**WHAT YOU HAVE TO DO**
Report every line of the listing below in which the string "Ended" appears.

**DATA LISTING**
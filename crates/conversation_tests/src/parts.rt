//! A site that is cut by its customers: one store for all of it, and a store for each part.
ghost use Rattle.std.specs.Prelude.{◌<◌};

use crate::isolation::TURNS;
use station_api::Served;
use std::alloc::{AllocError, Global};
use std::str;
use std::test::Fail;
use test_fixtures::conversations::Exchange;
use test_fixtures::conversations::devices::{ACME, BOLT};
use test_fixtures::samples::SITE;
use test_support::conversation::{in_turns, serve_for, streams_of};
use test_support::keepers::{Fresh, KeeperCase, over_each};
use test_support::lists::first_difference_in_list;

/// The parts of the sample site: the beginning of the lines that a customer's seat asks by, and the
/// text of a site that is the customer's section alone.
const PARTS: &[(&str, &str)] = &[("a1 ", ACME_SITE), ("b1 ", BOLT_SITE)];

/// The section of acme, whose seat is `a1`.
const ACME_SITE: &str = r#"[[customer]]
name = "acme"
issuer = ["acme-ca"]
[[customer.pool]]
first = "020000000010"
count = 4
[[customer.pool]]
first = "020000000020"
count = 4
[[customer.seat]]
name = "a1"
token = "ba7816bf8f01cfea414140de5dae2223b00361a396177a9cb410ff61f20015ad"
"#;

/// The section of bolt, whose seat is `b1`.
const BOLT_SITE: &str = r#"[[customer]]
name = "bolt"
issuer = ["bolt-ca"]
[[customer.seat]]
name = "b1"
token = "2cf24dba5fb0a30e26e83b2ac5b9e29e1b161e5c1fa7425e73043362938b9824"
"#;

/// The first section that isn't in the sample site as it stands in its part.
fn first_strange_part(alloc: Global) -> Result<String, AllocError> {
    for part in PARTS {
        if !SITE.contains(part.1) {
            return String::from_str(alloc, part.1);
        }
    }
    Ok(String::new(alloc))
}

/// The exchanges that begin so, in the order in which they come.
fn part_of<'a>(
    alloc: Global,
    exchanges: &[Exchange<'a>],
    beginning: &str,
) -> Result<Vec<Exchange<'a>>, AllocError> {
    let mut part = Vec::new(alloc);
    for exchange in exchanges {
        if exchange.asked.starts_with(beginning) {
            part.push(*exchange)?;
        }
    }
    Ok(part)
}

/// Makes exchanges in one stream over a keeper without rows, for the site of a text: nothing, where
/// what is written is their replies, and else what was wanted and what is written.
fn difference_in_stream<K: Fresh>(
    alloc: Global,
    site: &str,
    exchanges: &[Exchange<'_>],
) -> Result<String, Fail> {
    let mut keep = K::of_site(alloc, site)?;
    let (asked, wanted) = streams_of(alloc, exchanges)?;
    let (served, writer) = serve_for(alloc, &mut keep, site, asked.as_slice(), 4096)?;
    if served == Served::Ended && writer.bytes() == wanted.as_slice() {
        return Ok(String::new(alloc));
    }
    let wanted = str::from_utf8(wanted.as_slice()).unwrap_or("no text");
    let written = str::from_utf8(writer.bytes()).unwrap_or("no text");
    Ok(format!(in alloc; "one stream: Ended {wanted} -> {served:?} {written}")?)
}

/// Makes exchanges for the site of a text, in one stream over a keeper without rows and by one list
/// over another: what differs first.
fn first_for_site<K: Fresh>(
    alloc: Global,
    site: &str,
    exchanges: &[Exchange<'_>],
) -> Result<String, Fail> {
    let found = difference_in_stream::<K>(alloc, site, exchanges)?;
    if !found.is_empty() {
        return Ok(found);
    }
    first_difference_in_list(alloc, &mut K::of_site(alloc, site)?, site, exchanges)
}

/// The two seats' conversations in turns over one store with the whole site, and then over two stores,
/// each with the requests and the section of one customer.
#[derive(Drop)]
struct WholeAndParts {
    turns: &'static str,
}

impl KeeperCase for WholeAndParts {
    fn first_difference<K: Fresh>(&self, alloc: Global) -> Result<String, Fail> {
        let exchanges = in_turns(alloc, ACME, BOLT, self.turns)?;
        let found = first_for_site::<K>(alloc, SITE, exchanges.as_slice())?;
        if !found.is_empty() {
            return Ok(found);
        }
        for part in PARTS {
            let own = part_of(alloc, exchanges.as_slice(), part.0)?;
            let found = first_for_site::<K>(alloc, part.1, own.as_slice())?;
            if !found.is_empty() {
                return Ok(format!(in alloc; "alone: {found}")?);
            }
        }
        Ok(String::new(alloc))
    }
}

/// Each customer gets the same replies, byte for byte, where one store serves the whole site and where
/// a store of its own serves its section alone.
#[test]
fn parts_of_a_site_are_served_as_the_whole(rt: HostRuntime) -> Result<(), Fail> {
    assert_eq!(rt; first_strange_part(rt.alloc())?.as_str(), "");
    for turns in TURNS {
        let found = over_each(rt.alloc(), &WholeAndParts { turns: *turns })?;
        assert_eq!(rt; found.as_str(), "", "{turns}");
    }
    Ok(())
}
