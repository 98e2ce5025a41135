//! What stands in the rows of seats: numbers up to the greatest that a request may have, and the
//! digests by which repeats are known.
use crate::digests::difference_with_taken_digest;
use office_core::{OfCustomer, SeatState, Write};
use std::alloc::Global;
use std::test::Fail;
use test_fixtures::conversations::devices::ACME;
use test_support::conversation::first_difference;
use test_support::keepers::{Fresh, KeeperCase, over_each};
use text_core::{Digest, Name, Text};
use yield_counts::Count;

/// Conversations of the seat `a1`, each with the digest of the last request in it that writes: the
/// SHA-256, by Python's hashlib, of the path, a line feed and the compact JSON of the named members,
/// with the digests of the blocks' bytes in place of the blocks.
const LAST_REQUESTS: &[(&str, &str)] = &[
    (
        ORDERED,
        "3eac0b093a1ae65ba8ac3214046041aa5dab6af419af989d8f198e1e1635826f",
    ),
    (
        BEGUN,
        "70e40c467ed124f09c668a3e6e2e6c36c0ffb9b269e64759c22c85091ccb0a81",
    ),
    (
        NOT_BEGUN,
        "0ff4db4b78492e7f745bcf5db2335443c1c95defff72dda77b490dd8f063227b",
    ),
    (
        ACME,
        "90a60a1b85be03b1cb00ae1743784486aa4373a6ee6e03d8a6c08c64216e3c72",
    ),
];

/// An order.
const ORDERED: &str = r#"
a1 POST /v1/order {"nr":1,"name":"o1","issuer":"acme-ca","prefix":"A","width":3,"first":998,"quantity":2,"macs":0}
200 {"first":998,"issuer":"acme-ca","mac":null,"macs":0,"name":"o1","next":"A998","not_before":null,
  "prefix":"A","quantity":2,"width":3}
"#;

/// An order like `ORDERED` but with a beginning of validity, which makes it another request.
const BEGUN: &str = r#"
a1 POST /v1/order {"nr":1,"name":"o1","issuer":"acme-ca","prefix":"A","width":3,"first":998,"quantity":2,"macs":0,"not_before":"20240229120000Z"}
200 {"first":998,"issuer":"acme-ca","mac":null,"macs":0,"name":"o1","next":"A998",
  "not_before":"20240229120000Z","prefix":"A","quantity":2,"width":3}
"#;

/// An order like `ORDERED` but with a beginning of validity that is null: a third request.
const NOT_BEGUN: &str = r#"
a1 POST /v1/order {"nr":1,"name":"o1","issuer":"acme-ca","prefix":"A","width":3,"first":998,"quantity":2,"macs":0,"not_before":null}
200 {"first":998,"issuer":"acme-ca","mac":null,"macs":0,"name":"o1","next":"A998","not_before":null,
  "prefix":"A","quantity":2,"width":3}
"#;

/// Numbers of a seat's last request, each with what is said behind it: up to a million, to 2^20, and to 2^53.
const LAST_NUMBERS: &[(u64, &str)] = &[
    (999_999, MILLIONTH),
    (1_048_575, LARGE),
    (9_007_199_254_740_990, GREATEST),
];

/// The number 1,000,000.
const MILLIONTH: &str = r#"
a1 POST /v1/map {"nr":1000000,"text":"$MAP"}
200 {"map":"$DIGEST"}
"#;

/// The number 2^20 and the next.
const LARGE: &str = r#"
a1 POST /v1/order {"nr":1048575,"name":"o1","issuer":"acme-ca","prefix":"A","width":3,"first":998,"quantity":2,"macs":0}
409 {"error":"other_body","no":12}
a1 POST /v1/order {"nr":1048576,"name":"o1","issuer":"acme-ca","prefix":"A","width":3,"first":998,"quantity":2,"macs":0}
200 {"first":998,"issuer":"acme-ca","mac":null,"macs":0,"name":"o1","next":"A998","not_before":null,
  "prefix":"A","quantity":2,"width":3}
a1 POST /v1/order {"nr":1048576,"name":"o1","issuer":"acme-ca","prefix":"A","width":3,"first":998,"quantity":2,"macs":0}
200 {"first":998,"issuer":"acme-ca","mac":null,"macs":0,"name":"o1","next":"A998","not_before":null,
  "prefix":"A","quantity":2,"width":3}
a1 POST /v1/map {"nr":1048577,"text":"$MAP"}
200 {"map":"$DIGEST"}
"#;

/// The greatest number, after which no other is accepted.
const GREATEST: &str = r#"
a1 POST /v1/order {"nr":1,"name":"o1","issuer":"acme-ca","prefix":"A","width":3,"first":998,"quantity":2,"macs":0}
409 {"error":"wrong_number","expected":9007199254740991,"no":11}
a1 POST /v1/order {"nr":9007199254740991,"name":"o1","issuer":"acme-ca","prefix":"A","width":3,"first":998,"quantity":2,"macs":0}
200 {"first":998,"issuer":"acme-ca","mac":null,"macs":0,"name":"o1","next":"A998","not_before":null,
  "prefix":"A","quantity":2,"width":3}
a1 POST /v1/order {"nr":9007199254740992,"name":"o2","issuer":"acme-ca","prefix":"B","width":3,"first":998,"quantity":2,"macs":0}
400 {"error":"bad_member","no":10}
a1 POST /v1/order {"nr":9007199254740990,"name":"o2","issuer":"acme-ca","prefix":"B","width":3,"first":998,"quantity":2,"macs":0}
409 {"error":"wrong_number","expected":9007199254740992,"no":11}
a1 POST /v1/order {"nr":1,"name":"o2","issuer":"acme-ca","prefix":"B","width":3,"first":998,"quantity":2,"macs":0}
409 {"error":"wrong_number","expected":9007199254740992,"no":11}
a1 POST /v1/order {"nr":9007199254740991,"name":"o2","issuer":"acme-ca","prefix":"B","width":3,"first":998,"quantity":2,"macs":0}
409 {"error":"other_body","no":12}
a1 POST /v1/order {"nr":9007199254740991,"name":"o1","issuer":"acme-ca","prefix":"A","width":3,"first":998,"quantity":2,"macs":0}
200 {"first":998,"issuer":"acme-ca","mac":null,"macs":0,"name":"o1","next":"A998","not_before":null,
  "prefix":"A","quantity":2,"width":3}
"#;

/// Holds a conversation: what differs first, or the digest in the row of the seat `a1` at its end.
fn digest_after<K: Count>(alloc: Global, keep: &mut K, conversation: &str) -> Result<String, Fail> {
    let found = first_difference(alloc, keep, conversation)?;
    if !found.is_empty() {
        return Ok(found);
    }
    let name = Name::parse("a1").ok_or("no name")?;
    let row = keep.seat(&name)?.ok_or("no row")?;
    Ok(row.row.digest.to_string(alloc)?)
}

/// Holds a conversation over tables in which a seat's last number is another one: what differs first.
fn first_after<K: Count>(
    alloc: Global,
    keep: &mut K,
    last: u64,
    conversation: &str,
) -> Result<String, Fail> {
    let seat = OfCustomer {
        customer: Name::parse("acme").ok_or("no name")?,
        row: SeatState {
            name: Name::parse("a1").ok_or("no name")?,
            last,
            digest: Digest::of(b"none"),
            reply: Text::copy_of(alloc, "{}")?,
        },
    };
    keep.commit(&[Write::PutSeat(seat)])?;
    first_difference(alloc, keep, conversation)
}

/// What stands in the rows of seats, and what rows that were put there lead to, each over a keeper
/// without rows.
struct Rows;

impl KeeperCase for Rows {
    fn first_difference<K: Fresh>(&self, alloc: Global) -> Result<String, Fail> {
        for row in LAST_REQUESTS {
            let mut keep = K::fresh(alloc)?;
            let digest = digest_after(alloc, &mut keep, row.0)?;
            if digest.as_str() != row.1 {
                return Ok(format!(in alloc; "{}: the digest {} -> {digest}", row.0, row.1)?);
            }
        }
        let mut keep = K::fresh(alloc)?;
        let found = difference_with_taken_digest(alloc, &mut keep)?;
        if !found.is_empty() {
            return Ok(found);
        }
        for row in LAST_NUMBERS {
            let mut keep = K::fresh(alloc)?;
            let found = first_after(alloc, &mut keep, row.0, row.1)?;
            if !found.is_empty() {
                return Ok(found);
            }
        }
        Ok(String::new(alloc))
    }
}

/// Digests of requests as they are kept. And tables that no server makes: those in which `acme` has the
/// digest of the sample for another map's text, where `acme` is refused and `bolt` gets the usual
/// reply, and those in which a seat's next number is 2^20, or the greatest.
#[test]
fn rows_are_kept_and_found_as_they_must(rt: HostRuntime) -> Result<(), Fail> {
    assert_eq!(rt; over_each(rt.alloc(), &Rows)?.as_str(), "");
    Ok(())
}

**ANSWER TO THIS EXERCISE**
    if served == Served::Ended && writer.bytes() == wanted.as_slice() {
    Ok(format!(in alloc; "one stream: Ended {wanted} -> {served:?} {written}")?)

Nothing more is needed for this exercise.